### Data shown
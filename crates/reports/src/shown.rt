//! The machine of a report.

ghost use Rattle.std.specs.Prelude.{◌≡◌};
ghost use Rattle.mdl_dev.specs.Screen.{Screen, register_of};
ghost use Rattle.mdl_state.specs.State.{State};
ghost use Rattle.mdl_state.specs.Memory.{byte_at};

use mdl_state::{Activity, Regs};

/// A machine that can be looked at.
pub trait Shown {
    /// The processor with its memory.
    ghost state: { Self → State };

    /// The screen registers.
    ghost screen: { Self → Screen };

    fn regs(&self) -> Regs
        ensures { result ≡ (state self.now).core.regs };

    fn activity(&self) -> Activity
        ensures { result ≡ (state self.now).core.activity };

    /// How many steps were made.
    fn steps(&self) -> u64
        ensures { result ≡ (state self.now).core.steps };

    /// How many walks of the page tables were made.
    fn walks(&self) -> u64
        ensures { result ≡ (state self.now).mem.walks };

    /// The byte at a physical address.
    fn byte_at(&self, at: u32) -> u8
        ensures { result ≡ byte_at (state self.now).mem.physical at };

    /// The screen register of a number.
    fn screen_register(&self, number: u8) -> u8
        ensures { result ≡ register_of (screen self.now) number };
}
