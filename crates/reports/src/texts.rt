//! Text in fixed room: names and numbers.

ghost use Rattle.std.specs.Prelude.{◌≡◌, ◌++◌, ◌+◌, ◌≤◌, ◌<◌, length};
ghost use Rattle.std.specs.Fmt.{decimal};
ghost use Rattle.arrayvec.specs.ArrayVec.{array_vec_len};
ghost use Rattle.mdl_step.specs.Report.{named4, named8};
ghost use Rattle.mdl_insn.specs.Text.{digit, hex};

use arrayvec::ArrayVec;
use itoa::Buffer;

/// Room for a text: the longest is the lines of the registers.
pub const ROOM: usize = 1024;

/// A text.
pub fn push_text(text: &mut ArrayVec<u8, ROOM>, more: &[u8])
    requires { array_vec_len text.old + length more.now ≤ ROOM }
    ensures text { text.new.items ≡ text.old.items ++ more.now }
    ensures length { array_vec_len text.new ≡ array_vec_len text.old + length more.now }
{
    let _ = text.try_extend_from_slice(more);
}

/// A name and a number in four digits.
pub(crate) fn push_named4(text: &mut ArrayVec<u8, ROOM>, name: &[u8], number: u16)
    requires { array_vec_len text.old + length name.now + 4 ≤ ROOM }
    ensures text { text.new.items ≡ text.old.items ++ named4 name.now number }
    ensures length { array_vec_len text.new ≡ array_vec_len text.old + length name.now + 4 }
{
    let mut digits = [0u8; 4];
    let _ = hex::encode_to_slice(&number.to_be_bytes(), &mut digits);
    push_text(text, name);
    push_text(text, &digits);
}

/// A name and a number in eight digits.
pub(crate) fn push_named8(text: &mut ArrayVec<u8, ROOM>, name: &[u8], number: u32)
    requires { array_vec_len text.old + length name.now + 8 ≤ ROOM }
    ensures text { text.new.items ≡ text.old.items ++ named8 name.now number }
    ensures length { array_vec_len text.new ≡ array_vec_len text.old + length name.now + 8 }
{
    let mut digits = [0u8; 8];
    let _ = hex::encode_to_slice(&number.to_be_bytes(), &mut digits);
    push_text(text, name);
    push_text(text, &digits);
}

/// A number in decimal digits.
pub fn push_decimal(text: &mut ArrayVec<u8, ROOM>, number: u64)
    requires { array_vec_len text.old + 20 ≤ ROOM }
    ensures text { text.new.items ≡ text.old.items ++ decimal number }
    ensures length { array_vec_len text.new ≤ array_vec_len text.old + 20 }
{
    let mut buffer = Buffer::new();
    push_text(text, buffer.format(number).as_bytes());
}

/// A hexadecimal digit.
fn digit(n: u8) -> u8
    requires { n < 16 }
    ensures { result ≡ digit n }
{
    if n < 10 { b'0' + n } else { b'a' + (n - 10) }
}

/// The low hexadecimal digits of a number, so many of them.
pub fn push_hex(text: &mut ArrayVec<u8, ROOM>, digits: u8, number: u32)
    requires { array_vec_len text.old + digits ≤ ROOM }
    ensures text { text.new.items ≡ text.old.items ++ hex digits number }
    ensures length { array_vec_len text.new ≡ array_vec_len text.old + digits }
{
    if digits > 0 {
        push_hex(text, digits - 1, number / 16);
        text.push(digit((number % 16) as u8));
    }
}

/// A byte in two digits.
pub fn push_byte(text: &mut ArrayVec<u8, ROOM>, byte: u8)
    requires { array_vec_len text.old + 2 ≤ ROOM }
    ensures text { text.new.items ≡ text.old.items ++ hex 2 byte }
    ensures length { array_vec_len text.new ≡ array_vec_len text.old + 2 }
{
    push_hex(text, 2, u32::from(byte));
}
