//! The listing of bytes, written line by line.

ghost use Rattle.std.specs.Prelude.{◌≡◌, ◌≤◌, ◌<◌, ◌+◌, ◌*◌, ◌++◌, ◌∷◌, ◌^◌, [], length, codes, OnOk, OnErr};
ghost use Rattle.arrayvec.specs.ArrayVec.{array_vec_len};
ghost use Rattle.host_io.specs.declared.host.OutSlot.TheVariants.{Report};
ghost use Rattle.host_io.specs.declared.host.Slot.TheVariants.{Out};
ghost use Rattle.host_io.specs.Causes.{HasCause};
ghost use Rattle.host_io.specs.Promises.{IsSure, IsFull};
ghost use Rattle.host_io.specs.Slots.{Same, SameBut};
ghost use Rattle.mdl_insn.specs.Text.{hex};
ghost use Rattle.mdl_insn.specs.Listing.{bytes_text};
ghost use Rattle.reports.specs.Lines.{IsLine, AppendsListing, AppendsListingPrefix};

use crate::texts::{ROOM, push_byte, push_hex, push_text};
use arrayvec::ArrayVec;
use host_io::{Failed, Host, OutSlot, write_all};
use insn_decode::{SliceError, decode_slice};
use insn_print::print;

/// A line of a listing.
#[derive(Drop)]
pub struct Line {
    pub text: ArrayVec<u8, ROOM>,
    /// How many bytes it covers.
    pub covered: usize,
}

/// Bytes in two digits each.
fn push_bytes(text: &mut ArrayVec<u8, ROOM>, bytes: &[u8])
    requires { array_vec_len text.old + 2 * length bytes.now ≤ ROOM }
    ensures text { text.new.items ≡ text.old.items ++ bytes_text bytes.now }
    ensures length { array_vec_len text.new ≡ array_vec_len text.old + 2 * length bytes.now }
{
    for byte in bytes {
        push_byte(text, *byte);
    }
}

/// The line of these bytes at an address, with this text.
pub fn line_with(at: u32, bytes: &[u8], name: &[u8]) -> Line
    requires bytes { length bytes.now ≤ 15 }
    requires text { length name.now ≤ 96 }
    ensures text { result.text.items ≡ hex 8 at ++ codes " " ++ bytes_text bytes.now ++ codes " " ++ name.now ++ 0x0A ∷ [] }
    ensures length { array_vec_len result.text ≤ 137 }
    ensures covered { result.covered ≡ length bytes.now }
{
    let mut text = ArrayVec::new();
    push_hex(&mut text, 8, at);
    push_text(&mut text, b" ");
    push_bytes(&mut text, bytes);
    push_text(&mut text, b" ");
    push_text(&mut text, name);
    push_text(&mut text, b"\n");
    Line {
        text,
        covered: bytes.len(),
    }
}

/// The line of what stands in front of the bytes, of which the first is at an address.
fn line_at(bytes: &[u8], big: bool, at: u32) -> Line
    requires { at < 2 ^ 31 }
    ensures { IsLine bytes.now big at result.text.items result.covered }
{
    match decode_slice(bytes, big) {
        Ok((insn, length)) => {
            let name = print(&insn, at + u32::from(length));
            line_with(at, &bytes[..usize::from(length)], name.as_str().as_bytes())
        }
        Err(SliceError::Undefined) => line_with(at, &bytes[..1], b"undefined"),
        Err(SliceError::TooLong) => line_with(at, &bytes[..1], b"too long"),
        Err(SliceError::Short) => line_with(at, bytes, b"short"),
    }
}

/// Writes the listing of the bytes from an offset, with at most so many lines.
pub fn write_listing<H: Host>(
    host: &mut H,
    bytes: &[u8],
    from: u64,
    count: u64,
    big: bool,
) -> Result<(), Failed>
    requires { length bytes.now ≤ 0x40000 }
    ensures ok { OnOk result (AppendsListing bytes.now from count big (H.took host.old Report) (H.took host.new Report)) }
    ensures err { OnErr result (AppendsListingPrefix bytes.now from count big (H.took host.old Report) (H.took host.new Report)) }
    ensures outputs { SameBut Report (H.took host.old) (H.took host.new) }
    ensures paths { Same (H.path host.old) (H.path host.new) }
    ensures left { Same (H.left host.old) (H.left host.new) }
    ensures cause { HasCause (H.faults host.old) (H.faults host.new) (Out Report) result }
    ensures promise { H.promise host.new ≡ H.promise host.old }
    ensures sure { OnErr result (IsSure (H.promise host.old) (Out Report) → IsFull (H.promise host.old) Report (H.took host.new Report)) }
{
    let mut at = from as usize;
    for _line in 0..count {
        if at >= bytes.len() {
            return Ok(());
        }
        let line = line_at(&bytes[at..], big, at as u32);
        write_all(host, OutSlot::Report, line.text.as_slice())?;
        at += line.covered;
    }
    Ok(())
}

### Exercise prompt
Every line in the records above with the string "OutSlot" in it should be shown.

### Written solution
ghost use Rattle.host_io.specs.declared.host.OutSlot.TheVariants.{Report};
use host_io::{Failed, Host, OutSlot, write_all};
        write_all(host, OutSlot::Report, line.text.as_slice())?;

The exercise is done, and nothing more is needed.